2.1 Verklaring controle ID

De verplichting voor samenwerkingsverbanden om voor een ontwikkeladviesactiviteit een kopie van het ID-bewijs van een deelnemer in zijn administratie te bewaren, wordt geschrapt. Gebleken is dat deze verplichting strijdig is met de regels rond bescherming van persoonsgegevens, voortvloeiend uit de AVG. Het samenwerkingsverband dient echter wel de identiteit van de deelnemer te controleren. Dat is nodig om vast te kunnen stellen dat de deelnemer inderdaad de persoon is die hij of zij zegt te zijn en voorts te kunnen controleren of een deelnemer aan de basisregels, zoals leeftijd, voldoet. Dat kan het samenwerkingsverband doen door inzage te vragen in het ID-bewijs van de betrokkene. Het samenwerkingsverband moet later kunnen verklaren op welke datum het de identiteit van de deelnemer heeft vastgesteld en tekent hiervoor het desbetreffende formulier dat op de site www.uitvoeringvanbeleidszw.nl beschikbaar wordt gesteld. Het formulier ‘Verklaring controle ID-bewijs van deelnemer’ kan hier worden gedownload en dient te worden bewaard in de administratie. Deze werkwijze dient bij de uitvoering van elke subsidiabele activiteit te worden toegepast.
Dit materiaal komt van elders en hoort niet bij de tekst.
//! Handling one part: as it came, or prepared. Both read it and then handle what was read, the one at once
//! and the other in its turn.

ghost use Rattle.std.specs.Prelude.{◌≡◌, IfOk, IfSome, OnOk};
ghost use Rattle.hg_types.specs.declared.part.Part.{Part as AnyPart};
ghost use Rattle.hg_parts.specs.Handle.{handle};
ghost use Rattle.hg_parts.specs.Prepared.{handle_reading, IsMadeOf};
ghost use Rattle.hg_parts.specs.Handled.{HandleGives, Handles};
ghost use Rattle.hg_parts.specs.Replies.{IsReply};
ghost use Rattle.hg_parts.specs.Store.{repository_of, IsSound, IsGrown};

use crate::parts::bookmarks::handle_bookmarks;
use crate::parts::changegroup::handle_group;
use crate::parts::check::handle_check;
use crate::parts::obsmarkers::handle_markers;
use crate::parts::phase_heads::handle_phase_heads;
use crate::parts::pushkey::handle_pushkey;
use crate::parts::unsupported::handle_unsupported;
use crate::prepared::{Prepared, Reading, read_part};
use crate::refusal::Refusal;
use crate::spent::{Leftover, Spent};
use crate::store::Store;
use crate::turn::Turn;
use hg_types::{Part, Seq};
use std::alloc::Allocator;

/// Handles the part in its turn, as the definition `handle` says. `NoMemory` stands in place of any other
/// answer where a growth was refused.
///
/// Where the part is refused, some of its changes may be there: the caller goes back to a savepoint of the store.
pub fn handle_part<A: Allocator + Copy>(
    alloc: A,
    store: &mut Store<A>,
    turn: Turn,
    part: &Part<A>,
) -> Result<Option<Part<A>>, Refusal<A>>
    requires { IsSound turn.settings store.old }
    ensures { Handles turn
        (handle turn.source (repository_of turn.settings store.old) turn.replying turn.place part.now)
        store.old store.new result }
{
    let reading = read_part(alloc, part)?;
    let mut leftover = Leftover::Nothing;
    handle_reading(alloc, store, turn, reading, part, &mut leftover)
}

/// Handles a part that was prepared, as [`handle_part`] handles each part that it may have been made of. What is
/// left over of it is spent.
pub fn handle_prepared<A: Allocator + Copy>(
    alloc: A,
    store: &mut Store<A>,
    turn: Turn,
    prepared: Prepared<A>,
    spent: &mut Spent<A>,
) -> Result<Option<Part<A>>, Refusal<A>>
    requires { IsSound turn.settings store.old }
    ensures sound { OnOk result (IsSound turn.settings store.new) }
    ensures grown { IsGrown store.old store.new }
    ensures reply { IfOk result (λ reply. IfSome reply IsReply) }
    ensures gives { (part : AnyPart A) → IsMadeOf part prepared → HandleGives
        (handle turn.source (repository_of turn.settings store.old) turn.replying turn.place part)
        (repository_of turn.settings store.new) result }
{
    let Prepared { reading, part } = prepared;
    let mut leftover = Leftover::Nothing;
    let handled = handle_reading(alloc, store, turn, reading, part.as_part(), &mut leftover);
    spent.keep(leftover);
    spent.keep(Leftover::Part(part));
    handled
}

/// Handles what was read of a part, as the definition `handle_reading` says. Of a part whose payload was
/// read, the rest is enough. A list that was read is left over.
fn handle_reading<A: Allocator + Copy>(
    alloc: A,
    store: &mut Store<A>,
    turn: Turn,
    reading: Reading<A>,
    part: &Part<A>,
    leftover: &mut Leftover<A>,
) -> Result<Option<Part<A>>, Refusal<A>>
    requires { IsSound turn.settings store.old }
    ensures { Handles turn
        (handle_reading turn.source (repository_of turn.settings store.old) turn.replying turn.place part.now
        reading)
        store.old store.new result }
{
    let place = turn.place;
    match reading {
        Reading::Unsupported => {
            handle_unsupported(alloc, place, part)?;
            Ok(None)
        }
        Reading::Malformed => Err(Refusal::BadPart { place }),
        Reading::ReplyCaps | Reading::Output => Ok(None),
        Reading::Check(kind) => {
            handle_check(alloc, store, place, part, kind)?;
            Ok(None)
        }
        Reading::PhaseHeads(entries) => {
            let handled = handle_phase_heads(alloc, store, turn, entries.as_slice());
            *leftover = Leftover::Heads(entries);
            handled
        }
        Reading::Bookmarks => handle_bookmarks(alloc, store, turn, part),
        Reading::Obsmarkers(markers) => handle_markers(alloc, store, turn, part, markers),
        Reading::ChangeGroup {
            target,
            entries: mut list,
        } => {
            let mut entries = list.take().into_vec();
            let handled = handle_group(alloc, store, turn, part, target, entries.as_mut_slice());
            list.put(Seq::from_vec(entries));
            *leftover = Leftover::Group(list);
            handled
        }
        Reading::Pushkey => handle_pushkey(alloc, store, turn, part),
        Reading::ErrorAbort => Err(Refusal::ClientAbort { place }),
    }
}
Het voorgaande laat onverlet dat het voor controle- en evaluatiedoeleinden nodig is om te kunnen beschikken over het BSN van de deelnemers.

Op dit moment zijn er mogelijk al kopieën opgeslagen ten behoeve van de subsidieverstrekking. De samenwerkingsverbanden zal worden verzocht deze kopieën op een veilige en zorgvuldige manier te vernietigen. Betrokken samenwerkingsverbanden wordt gemeld dat het wenselijk is dat zij na vernietiging van de kopieën de Verklaring controle ID-bewijs van betrokken (ex)deelnemers in hun administratie opnemen. In verband met een latere controle is deze informatie van belang.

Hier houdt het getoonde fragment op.